En réalité, pour beaucoup d’entreprises, la majorité des émissions provient :
🔶 Des matières premières achetées
🔶 Des produits sous-traités
🔶 Du transport amont
🔶 Des prestations externes
Autrement dit, une grande partie de votre empreinte carbone ne dépend pas directement de vos propres activités… mais de celles de vos partenaires.
Ignorer cet enjeu, c’est limiter fortement votre capacité d’action.
Les bons réflexes à avoir :
- Intégrer des critères environnementaux dans les appels d’offres
- Demander des données carbone à vos partenaires clés
- Accompagner vos fournisseurs dans leur propre transition
Erreur n°6 : Manquer de cohérence entre discours et actions
Publier une politique RSE ambitieuse, mais sans preuve concrète, peut pénaliser votre score. Aujourd’hui, les plateformes d’évaluation ne se contentent plus des intentions. Elles cherchent des preuves tangibles.
EcoVadis fonctionne sur la base de documents justificatifs :
🔹 Procédures
🔹 Indicateurs
🔹 Rapports
🔹 Plans d’action
🔹 Preuves de mise en œuvre
Si votre communication dépasse la réalité opérationnelle, l’écart se verra.

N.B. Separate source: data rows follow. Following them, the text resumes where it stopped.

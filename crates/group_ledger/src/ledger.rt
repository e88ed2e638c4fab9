ghost use Rattle.std.specs.Prelude.{◌≡◌, ◌<◌, ◌^◌, ◌+◌, [], length, IfOk, IfSome, OnErr, OnOk};
ghost use Rattle.group_types.specs.Lists.{at};
ghost use Rattle.group_run.specs.Replica.{callers};
ghost use Rattle.group_run.specs.World.{opening};
ghost use Rattle.group_ledger.specs.Books.{Once, books_of, call_in, recorded, refusal_in, settled_by};

use crate::entering::{NewCall, enter};
use crate::places::{no_places, reserve_each};
use crate::settling::settle_all;
use crate::tickets::Ticket;
use group_calls::{Answer, Entry};
use group_types::{CALLERS, Partition, Run, Shape};
use head_service::Settlement;
use std::alloc::{AllocError, Global};
use std::marker::Model;

/// What a group keeps beside its nodes, with room for a call and for settled updates.
#[derive(Drop)]
pub struct Ledger {
    shape: Shape,
    events: u64,
    asked: Vec<u64>,
    log: Vec<Entry>,
    places: Vec<Vec<Option<Run>>>,
    tickets: Vec<Ticket>,
    room: usize,
}

impl Model for Ledger {
    ghost use Rattle.std.specs.Prelude.{◌<◌, ◌≤◌, ◌+◌, length, map, vec_len, vec_capacity, All};
    ghost use Rattle.group_ledger.specs.Books.{AreWholeBooks, KeptBooks};

    ghost Value = { KeptBooks };

    ghost view = { λ l. record {
      books = record {
        shape = l.shape;
        events = l.events;
        asked = l.asked.items;
        log = l.log.items;
        places = map (λ p. p.items) l.places.items;
        tickets = l.tickets.items;
      };
      room = l.room;
    } };

    ghost invariant = { λ l. AreWholeBooks l.shape.k l.events l.asked.items (length l.places.items) l.tickets.items
        × (vec_len l.log + l.room ≤ vec_capacity l.log)
        × All (λ p. vec_len p + l.room ≤ vec_capacity p) l.places.items
        × (0 < l.room → vec_len l.tickets < vec_capacity l.tickets) };
}

impl Ledger {
    /// The ledger at the start, without room.
    pub fn new(alloc: Global, shape: Shape) -> Result<Ledger, AllocError>
        ensures { IfOk result (λ ledger. ledger ≡ record { books = books_of (opening shape); room = 0 }) }
    {
        Ok(Ledger {
            shape,
            events: 0,
            asked: vec![in alloc; 0; CALLERS as usize]?,
            log: Vec::new(alloc),
            places: no_places(alloc, shape.k())?,
            tickets: Vec::new(alloc),
            room: 0,
        })
    }

    /// The shape of the group.
    pub fn shape(&self) -> Shape
        ensures { result ≡ self.now.books.shape }
    {
        self.shape
    }

    /// How many events there were.
    pub fn events(&self) -> u64
        ensures { result ≡ self.now.books.events }
    {
        self.events
    }

    /// How often a caller asked.
    pub fn asks(&self, caller: u32) -> u64
        requires { caller < callers }
        ensures { result ≡ at 0 self.now.books.asked caller }
    {
        self.asked[caller as usize]
    }

    /// The log, in order.
    pub fn log(&self) -> &[Entry]
        ensures { result.now ≡ self.now.books.log }
    {
        &self.log
    }

    /// How many updates of a partition are logged.
    pub fn count(&self, partition: Partition) -> u64
        requires { partition.0 < self.now.books.shape.k }
        ensures { result ≡ length (at [] self.now.books.places partition.0) }
    {
        self.places[partition.0 as usize].len() as u64
    }

    /// The run of each logged update of a partition, by number.
    pub fn places(&self, partition: Partition) -> &[Option<Run>]
        requires { partition.0 < self.now.books.shape.k }
        ensures { result.now ≡ at [] self.now.books.places partition.0 }
    {
        &self.places[partition.0 as usize]
    }

    /// Makes room for a call and for this many settled updates and one more. Room that isn't used doesn't pile up.
    ///
    /// `AllocError`: the books are as they were, and no room is counted.
    pub fn reserve(&mut self, settled: usize) -> Result<(), AllocError>
        ensures books { self.new.books ≡ self.old.books }
        ensures ok { OnOk result (self.new.room ≡ settled + 2) }
        ensures few { OnOk result (self.new.room < 2 ^ 64) }
    {
        self.room = 0;
        let room = settled.saturating_add(2);
        self.log.reserve(room)?;
        self.tickets.reserve(1)?;
        reserve_each(&mut self.places, room)?;
        self.room = room;
        Ok(())
    }

    /// Records an event: the call that it asked, if it asked one, its answer, and what it settled. It
    /// takes no memory, and hands out how many entries were logged.
    pub fn record(&mut self, call: Option<NewCall>, answer: &Answer, settled: &[Settlement]) -> u64
        requires room { length settled.now < self.old.room }
        requires events { self.old.books.events < 2 ^ 62 }
        requires caller { IfSome call (λ c. c.caller < callers) }
        requires refusal { IfSome call (λ c. c.refusal ≡ refusal_in answer.now) }
        requires once { Once (settled_by (call_in self.old.books.asked call) answer.now settled.now self.old.books).logged }
        ensures books { self.new.books ≡ recorded
            (call_in self.old.books.asked call) answer.now settled.now self.old.books }
        ensures logged { result ≡ length (settled_by (call_in self.old.books.asked call) answer.now settled.now self.old.books).logged }
        ensures room { self.new.room ≡ 0 }
    {
        let before = self.log.len();
        self.events += 1;
        enter(
            call,
            answer,
            &mut self.asked,
            &mut self.log,
            &mut self.tickets,
        );
        settle_all(settled, &mut self.places, &mut self.log, &mut self.tickets);
        self.room = 0;
        (self.log.len() - before) as u64
    }
}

Les bons réflexes à avoir :
Toujours relier vos engagements à :
– Des indicateurs mesurables
– Des résultats concrets
– Des documents formalisés
Erreur n°7 : Ne pas impliquer la direction
Une démarche carbone portée uniquement par le service RSE ou QHSE manque de poids stratégique. Même avec beaucoup de bonne volonté, une initiative isolée aura du mal à transformer en profondeur l’organisation si la direction générale n’est pas engagée. La transition carbone n’est pas seulement un sujet technique. C’est un sujet de stratégie d’entreprise.
EcoVadis ne regarde pas uniquement vos actions environnementales.
La plateforme analyse également la structure de gouvernance qui soutient votre démarche.
Elle examine notamment :
- L’implication formelle de la direction (validation de la politique, communication interne, pilotage stratégique)
- L’intégration des enjeux carbone dans la stratégie globale
- La définition claire des rôles et responsabilités
- L’existence d’instances de suivi (comité RSE, revue annuelle, reporting au comité de direction)
Une entreprise qui démontre que la direction suit régulièrement les indicateurs carbone envoie un signal de maturité bien plus fort qu’une entreprise où le sujet reste cantonné à un service support.
Erreur n°8 : Absence de plan d’amélioration continue
Une bonne note ne repose pas seulement sur ce que vous avez fait, mais sur votre capacité à progresser.
Réaliser un bilan carbone est une étape essentielle. Mais si ce bilan reste isolé, sans suivi ni plan d’action dans le temps, son impact sera limité – autant sur votre performance réelle que sur votre évaluation.
EcoVadis ne regarde pas seulement votre point de départ. La plateforme analyse votre dynamique d’amélioration. Elle valorise notamment :
- Les revues annuelles (mise à jour régulière du Bilan Carbone, analyse d’écart, comparaison avec l’année précédente).
- Les plans d’améliorations formalisées (actions identifiées, responsables désignés, échéances définies, priorisation des postes les plus émetteurs)
- Le suivi des indicateurs (tableaux de bord, KPIS environnementaux, reporting régulier à la direction
En conclusion :
La note EcoVadis n’est pas qu’un score administratif. Elle reflète la maturité de votre stratégie environnementale.
Les erreurs carbone les plus pénalisantes ne sont pas toujours liées à un manque d’engagement, mais souvent à :
- Une approche partielle
- Une méthodologie fragile
- Une absence de structuration
En adoptant une démarche rigoureuse, progressive et documentée, vous transformez votre évaluation en véritable levier de performance durable.